案ずるに、「スポンサー配布用招待券」ってヤツに違いありません。こういう「スポンサー様に配慮した結果、一番良い席がガラガラになる現象」について、思うところがないわけでもないですが、資本主義社会の原則に照らし合わせた場合、致し方ないでしょう。

勿論、「(株)ヤマザキナビスコ様と同じ金額を出します。そして(株)ヤマザキナビスコ様より遥かに少ない招待券で構いません」なんていうホワイトナイトが出現するに超したことはないですが、なかなかそうもいかないでしょうし。

ここで言いたいのは、「ちゃんと自らお金を出してサッカーを見たい人」のための座席は、例年と全く同様に、ほぼ満席だったってことです。もっと言えば、「言っても当日の国立はメチャクチャ混んでいましたぜっ」ってことであります。

そう状況においては、新たなミッションがワタクシに課せられることになります。
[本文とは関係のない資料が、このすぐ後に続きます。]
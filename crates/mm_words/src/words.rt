//! What the program is asked by its words: the requests that are made of what `clap` found in them.

ghost use Rattle.std.specs.Prelude.{◌≡◌, List, map, IfOk, IfErr, IfSome, IfNone, codes};
ghost use Rattle.clap.specs.Words.{Row, Text, app_of, found_of, rows_of};
ghost use Rattle.mm_words.specs.CommandLine.{command_line};
ghost use Rattle.mm_words.specs.Words.{AreMatchesOf, Asks, AsksUnder, AsksWhole, Commands};
ghost use Rattle.mm_words.specs.Words.{name_of_text};
ghost use Rattle.mm_words.specs.RefusedWords.{IsWordFault, NamesNoForm, NamesNoText};
ghost use Rattle.mm_step.specs.declared.profile.Profile.{Profile};

use crate::axioms_request::axioms_request;
use crate::command_line::{
    ALL, AXIOMS, CHECK, CODE, COMMAND, DIFF, EXPLAIN, FAULTS, FILES, FIND, HELP, LABEL, LEMMAS,
    MEND, MINIMIZE, NORMAL, PACKED, PROOF, SAME, SHOW, SMALL, SOURCE, STATEMENT, STRICT, TRY,
    USERS, VERSION, WHY, whole_command,
};
use crate::diff_request::diff_request;
use crate::find_request::{find_request, statement_request};
use crate::form_request::{normal_request, proof_request};
use crate::lemmas_request::lemmas_request;
use crate::matches::{asked_profile, asked_word, is_given, values_of};
use crate::minimize_request::minimize_request;
use crate::refused_words::{first_topic, request_of_error};
use crate::request::{AskedMend, AskedText, Request, TextQuestion};
use crate::show_request::show_request;
use crate::stop::Stop;
use clap::{ArgMatches, Command};
use mm_verdict::{Form, Question, WholeQuestion};
use std::alloc::{AllocError, Global};

/// What the matches of a command that asks this question about the whole database ask for.
fn whole_request<'a>(
    alloc: Global,
    matches: &ArgMatches<'a>,
    question: WholeQuestion,
) -> Result<Request<'a>, AllocError>
    ensures { IfOk result (λ request. (words : List Text) (name : Text)
        → Commands words name (rows_of (found_of matches.now))
        → ((profile : Profile) (names : List Text) → AsksUnder name words profile names
        → AsksWhole words question profile names)
        → Asks words request) }
{
    Ok(Request::Run {
        command: mm_verdict::Command::Whole {
            profile: asked_profile(matches, STRICT),
            question,
        },
        names: values_of(alloc, matches, FILES)?,
    })
}

/// What the matches of the command `why` ask for.
fn why_request<'a>(alloc: Global, matches: &ArgMatches<'a>) -> Result<Request<'a>, AllocError>
    ensures { IfOk result (λ request. (words : List Text)
        → Commands words (codes "why") (rows_of (found_of matches.now))
        → Asks words request) }
{
    let profile = asked_profile(matches, STRICT);
    let source = is_given(matches, SOURCE);
    let names = values_of(alloc, matches, FILES)?;
    let command = mm_verdict::Command::Whole {
        profile,
        question: WholeQuestion::Why { source },
    };
    Ok(Request::Run { command, names })
}

/// What the matches of the command `users` ask for.
fn users_request<'a>(alloc: Global, matches: &ArgMatches<'a>) -> Result<Request<'a>, AllocError>
    ensures { IfOk result (λ request. (words : List Text)
        → Commands words (codes "users") (rows_of (found_of matches.now))
        → Asks words request) }
{
    let label = asked_word(matches, LABEL).as_bytes();
    let all = is_given(matches, ALL);
    let names = values_of(alloc, matches, FILES)?;
    let command = mm_verdict::Command::About {
        label,
        question: Question::Users { all },
    };
    Ok(Request::Run { command, names })
}

/// What the matches of a command that asks this about a proof's text ask for.
fn asked_text<'a>(
    alloc: Global,
    matches: &ArgMatches<'a>,
    question: TextQuestion,
) -> Result<Request<'a>, AllocError>
    ensures { IfOk result (λ request. (words : List Text)
        → Commands words (name_of_text question) (rows_of (found_of matches.now))
        → Asks words request) }
{
    Ok(Request::Text(AskedText {
        question,
        label: asked_word(matches, LABEL),
        proof: asked_word(matches, PROOF),
        names: values_of(alloc, matches, FILES)?,
    }))
}

/// What the matches of the command `mend` ask for.
fn mend_request<'a>(alloc: Global, matches: &ArgMatches<'a>) -> Result<Request<'a>, AllocError>
    ensures { IfOk result (λ request. (words : List Text)
        → Commands words (codes "mend") (rows_of (found_of matches.now))
        → Asks words request) }
{
    Ok(Request::Mend(AskedMend {
        label: asked_word(matches, LABEL),
        names: values_of(alloc, matches, FILES)?,
    }))
}

/// What these matches of the words ask for by the commands `normal`, `packed`, `small`, `minimize`,
/// `same`, `try`, `lemmas` and `mend`; nothing where they name none of these.
fn form_request<'a>(
    alloc: Global,
    matches: &ArgMatches<'a>,
) -> Result<Option<Request<'a>>, Stop<'a>>
    ensures request { IfOk result (λ asked. IfSome asked (λ request. (words : List Text)
        → AreMatchesOf words matches.now → Asks words request)) }
    ensures none { IfOk result (λ asked. IfNone asked ((words : List Text)
        → AreMatchesOf words matches.now → NamesNoForm words)) }
    ensures fault { IfErr result (λ stop. (words : List Text)
        → AreMatchesOf words matches.now → IsWordFault words stop) }
{
    if let Some(normal) = matches.subcommand_matches(NORMAL) {
        return Ok(Some(normal_request(alloc, normal)?));
    }
    if let Some(packed) = matches.subcommand_matches(PACKED) {
        return Ok(Some(proof_request(alloc, packed, Form::Packed)?));
    }
    if let Some(small) = matches.subcommand_matches(SMALL) {
        return Ok(Some(proof_request(alloc, small, Form::Small)?));
    }
    if let Some(minimize) = matches.subcommand_matches(MINIMIZE) {
        return Ok(Some(minimize_request(alloc, minimize)?));
    }
    if let Some(same) = matches.subcommand_matches(SAME) {
        return Ok(Some(asked_text(alloc, same, TextQuestion::Same)?));
    }
    if let Some(tried) = matches.subcommand_matches(TRY) {
        return Ok(Some(asked_text(alloc, tried, TextQuestion::Try)?));
    }
    if let Some(lemmas) = matches.subcommand_matches(LEMMAS) {
        return Ok(Some(lemmas_request(alloc, lemmas)?));
    }
    if let Some(mend) = matches.subcommand_matches(MEND) {
        return Ok(Some(mend_request(alloc, mend)?));
    }
    Ok(None)
}

/// What these matches of the words ask for by the commands `explain`, `help` and `version`; nothing
/// where they name none of these.
fn text_request<'a>(
    alloc: Global,
    matches: &ArgMatches<'a>,
) -> Result<Option<Request<'a>>, AllocError>
    ensures request { IfOk result (λ asked. IfSome asked (λ request. (words : List Text)
        → AreMatchesOf words matches.now → Asks words request)) }
    ensures none { IfOk result (λ asked. IfNone asked ((words : List Text)
        → AreMatchesOf words matches.now → NamesNoText words)) }
{
    if let Some(explain) = matches.subcommand_matches(EXPLAIN) {
        return Ok(Some(Request::Explain(values_of(alloc, explain, CODE)?)));
    }
    if let Some(help) = matches.subcommand_matches(HELP) {
        return Ok(Some(Request::Help(help.get_str(COMMAND))));
    }
    if matches.subcommand_matches(VERSION).is_some() {
        return Ok(Some(Request::Version));
    }
    Ok(None)
}

/// What these matches of the words ask for, whose command isn't `diff`. The text on the use is that
/// of the command line.
fn request_of_matches<'a>(
    alloc: Global,
    command: &mut Command<'a>,
    matches: &ArgMatches<'a>,
) -> Result<Request<'a>, Stop<'a>>
    requires { (words : List Text) (rows : List Row) → AreMatchesOf words matches.now
        → ¬ (Commands words (codes "diff") rows) }
    ensures request { IfOk result (λ request. (words : List Text)
        → AreMatchesOf words matches.now → Asks words request) }
    ensures fault { IfErr result (λ stop. (words : List Text)
        → AreMatchesOf words matches.now → IsWordFault words stop) }
{
    if let Some(check) = matches.subcommand_matches(CHECK) {
        return Ok(whole_request(alloc, check, WholeQuestion::Check)?);
    }
    if let Some(faults) = matches.subcommand_matches(FAULTS) {
        return Ok(whole_request(alloc, faults, WholeQuestion::Faults)?);
    }
    if let Some(why) = matches.subcommand_matches(WHY) {
        return Ok(why_request(alloc, why)?);
    }
    if let Some(axioms) = matches.subcommand_matches(AXIOMS) {
        return axioms_request(alloc, axioms);
    }
    if let Some(users) = matches.subcommand_matches(USERS) {
        return Ok(users_request(alloc, users)?);
    }
    if let Some(statement) = matches.subcommand_matches(STATEMENT) {
        return statement_request(alloc, statement);
    }
    if let Some(find) = matches.subcommand_matches(FIND) {
        return find_request(alloc, find);
    }
    if let Some(show) = matches.subcommand_matches(SHOW) {
        return show_request(alloc, show);
    }
    if let Some(request) = form_request(alloc, matches)? {
        return Ok(request);
    }
    if let Some(request) = text_request(alloc, matches)? {
        return Ok(request);
    }
    Err(Stop::Usage(command.render_usage()?))
}

/// What the words ask for, of which these are the matches.
fn request_of_words<'a>(
    alloc: Global,
    command: &mut Command<'a>,
    matches: &ArgMatches<'a>,
    words: &'a [&'a str],
) -> Result<Request<'a>, Stop<'a>>
    ensures request { IfOk result (λ request.
        AreMatchesOf (map (λ word. word.now) words.entry.now) matches.now
        → Asks (map (λ word. word.now) words.entry.now) request) }
    ensures fault { IfErr result (λ stop.
        AreMatchesOf (map (λ word. word.now) words.entry.now) matches.now
        → IsWordFault (map (λ word. word.now) words.entry.now) stop) }
{
    if matches.subcommand_matches(DIFF).is_some() {
        return diff_request(alloc, words);
    }
    request_of_matches(alloc, command, matches)
}

/// What the words ask for, by the command line.
fn request_by<'a>(
    alloc: Global,
    command: &mut Command<'a>,
    words: &'a [&'a str],
) -> Result<Request<'a>, Stop<'a>>
    requires { app_of command.old ≡ command_line }
    ensures request { IfOk result (Asks (map (λ word. word.now) words.entry.now)) }
    ensures fault { IfErr result (IsWordFault (map (λ word. word.now) words.entry.now)) }
{
    let topic = first_topic(command, words);
    match command.try_get_matches_from_mut(words) {
        Ok(matches) => {
            let request = request_of_words(alloc, command, &matches, words);
            drop(matches);
            request
        }
        Err(error) => request_of_error(alloc, &error, topic, words),
    }
}

/// Reads the words, of which the first is the program's name.
///
/// # Errors
///
/// `Usage` where the words aren't understood; `Memory` where a growth was refused.
pub fn request_of<'a>(alloc: Global, words: &'a [&'a str]) -> Result<Request<'a>, Stop<'a>>
    ensures request { IfOk result (Asks (map (λ word. word.now) words.entry.now)) }
    ensures fault { IfErr result (IsWordFault (map (λ word. word.now) words.entry.now)) }
{
    let mut command = whole_command(alloc)?;
    let request = request_by(alloc, &mut command, words);
    drop(command);
    request
}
すなわち、「如何に混雑に押し潰されることなく、帰宅するか」というミッションです。

ここで、なんちゃって東京人の貧困な発想が頭をよぎります。

「きっと、多くの人は静岡なり広島なりから来たに違いない。ならば、彼らは千駄ヶ谷か国立競技場の駅を使うだろう。ここは地元民ぶって、〈ケケケ、なんちゃって東京人ともなれば外苑前を利用するルートも知ってるんだぜ〉みたいな優越感に浸りながら帰ってやるか」

ということになりました。まぁ赤坂見附で丸の内線に乗り換えたかったので、何にせよ外苑前になるわけですけど。

しかし、ここで想定外の事態が発生します。実は、この日、お隣の神宮球場では早慶戦が行われていたのです。例の、ナビスコの視聴率が3%だったのに対して、12%を叩き出した、伝説の早慶戦ですね。

何の因果か、延長にもつれたことで、その早慶戦と試合終了時間が丸かぶり。ちなみに、神宮球場ユーザーの多くは外苑前駅を使います。もう説明の必要はないですね。混雑緩和を狙って外苑前という浅はかな裏技に走ったワタクシの末路については推して知るべしなのでございます。

「素直に千駄ヶ谷から帰れば良かった」

これがナビスコ決勝におけるワタクシの最大の感想でございます。